Regex

Regex (Regular expressions) are used throughout computer science to represent text patterns we want to search for.

Aim: To understand and be able to write regexes.

The regex syntax we will learn are: ., ?, +, *, {}, |, (), [], [-], [^-], \ and combining these elements together.

The basics: ., ?, + * and {}

Let's take a look at some examples.

The simplest of these characters is the wildcard character .. This represents a single character that can be anything. a. could represent a", aQ or any number of other possibilities.

The ? character indicates that the preceding character may or may not be present. So a? represents the group of Strings and a.

The + character indicates that there may be one or more copies of the preceding character. So a+ represents the group of Strings a and aa, aaa, aaaa, ... etc.

The * character represents that the preceding character may occur any number of times (including zero). For example, xy*z represents the group of Strings xz, xyz, xyyz, xyyyz, ... etc.

We can use curly brackets {} after a character to say that we want a certain number of repetitions of that character. p{3} represents the String ppp. We can also specify a range, e.g. p{2, 4} representing pp, ppp and pppp. Finally, we can say we want more than x repetitions using p{x,}.

Stating "OR" with: | and []

There are two simple ways to write OR, one with | and one with []. Say you want to search a document for the words "affect" and "effect" to check that you have used them correctly. We can write our regex in any of the following ways.

  • Using | we can write affect|effect or a shortened version (a|e)ffect using brackets ()

  • Using [] we can write[ae]ffect

Ranges in brackets: [-] and [^-]

We might want to specify that a character should be within some range. To do this we write [a-z] to say that it should be a lower case alphabetic character ([A-Z] for upper case).

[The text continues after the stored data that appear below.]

ghost use Rattle.std.specs.Prelude.{◌≡◌, ◌<◌, true, length, MatchResult};
ghost use Rattle.cp_term.specs.Preorder.{is_terms};
ghost use Rattle.cp_heap.specs.State.{instance_at};
ghost use Rattle.cp_goal.specs.Evaluation.{value};
ghost use Rattle.cp_arith.specs.declared.now.Now.TheVariants.{At};
ghost use Rattle.cp_arith.specs.Frames.{meaning, value_at, AreLive, Advances, StopsAt, IsCompound, IsNotEvaluable};

use crate::frame::{Frame, Frames};
use crate::now::Now;
use crate::stop::Stop;
use cp_goal::{Binary, Unary, Why};
use cp_heap::{Heap, Look, Ref};
use std::alloc::AllocError;

/// Looks at an expression: an integer is its own value, and an operation is put on the frames behind its first operand.
pub fn enter(heap: &Heap, at: Ref, frames: &mut Frames) -> Result<Now, Stop>
    requires place { at.at < length heap.now.terms }
    requires frames { AreLive heap.now frames.old }
    ensures { MatchResult result (λ next. Advances heap.now frames.old (At at) frames.new next) (λ stop. StopsAt stop (meaning heap.now frames.old (At at))) }
{
    match heap.look(at) {
        Look::Var(_, _) => Err(Stop::NoValue(Why::Unbound)),
        Look::Int(integer) => Ok(Now::Behind(integer)),
        Look::Atom => Err(not_evaluable(heap, at, 0)),
        Look::Func(1) => enter_unary(heap, at, frames),
        Look::Func(2) => enter_binary(heap, at, frames),
        Look::Func(arity) => Err(not_evaluable(heap, at, arity)),
    }
}

/// An atom or a compound of so many arguments that is no operation.
fn not_evaluable(heap: &Heap, at: Ref, arity: u16) -> Stop
    requires place { at.at < length heap.now.terms }
    requires value { IsNotEvaluable (instance_at heap.now at.at) arity }
    ensures { StopsAt result (value_at heap.now at.at) }
{
    match heap.name(at) {
        Some(name) => match name.clone() {
            Ok(name) => Stop::NoValue(Why::NotEvaluable(name, arity)),
            Err(_) => Stop::NoMemory,
        },
        None => unreachable!(),
    }
}

fn enter_unary(heap: &Heap, at: Ref, frames: &mut Frames) -> Result<Now, Stop>
    requires place { at.at < length heap.now.terms }
    requires frames { AreLive heap.now frames.old }
    requires compound { IsCompound (instance_at heap.now at.at) 1 }
    requires term { is_terms 1 (instance_at heap.now at.at) ≡ true }
    ensures { MatchResult result (λ next. Advances heap.now frames.old (At at) frames.new next) (λ stop. StopsAt stop (meaning heap.now frames.old (At at))) }
{
    let Some(name) = heap.name(at) else {
        unreachable!()
    };
    let Some(op) = Unary::named(name.bytes()) else {
        return Err(Stop::NoValue(Why::NotEvaluable(name.clone()?, 1)));
    };
    let Some(operand) = heap.argument(at, 0) else {
        unreachable!()
    };
    frames.push(Frame::Only(op))?;
    Ok(Now::At(operand))
}

fn enter_binary(heap: &Heap, at: Ref, frames: &mut Frames) -> Result<Now, Stop>
    requires place { at.at < length heap.now.terms }
    requires frames { AreLive heap.now frames.old }
    requires compound { IsCompound (instance_at heap.now at.at) 2 }
    requires term { is_terms 1 (instance_at heap.now at.at) ≡ true }
    ensures { MatchResult result (λ next. Advances heap.now frames.old (At at) frames.new next) (λ stop. StopsAt stop (meaning heap.now frames.old (At at))) }
{
    let Some(name) = heap.name(at) else {
        unreachable!()
    };
    let Some(op) = Binary::named(name.bytes()) else {
        return Err(Stop::NoValue(Why::NotEvaluable(name.clone()?, 2)));
    };
    let Some(first) = heap.argument(at, 0) else {
        unreachable!()
    };
    let Some(second) = heap.argument(at, 1) else {
        unreachable!()
    };
    frames.push(Frame::First(op, second))?;
    Ok(Now::At(first))
}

We can also combine these so that [a-zA-Z0-9] represents that we want any alphanumeric character!

Adding a carrot ^ just inside the start of the square bracket indicates that we want any character except those in the brackets. [^0-9] means we want a single non-numeric character.

Searching for a special character?

Sometimes we may want to search for a . or a ? character without the special meanings given above. In order to do this we need to escape the character using the backslash \ just before it.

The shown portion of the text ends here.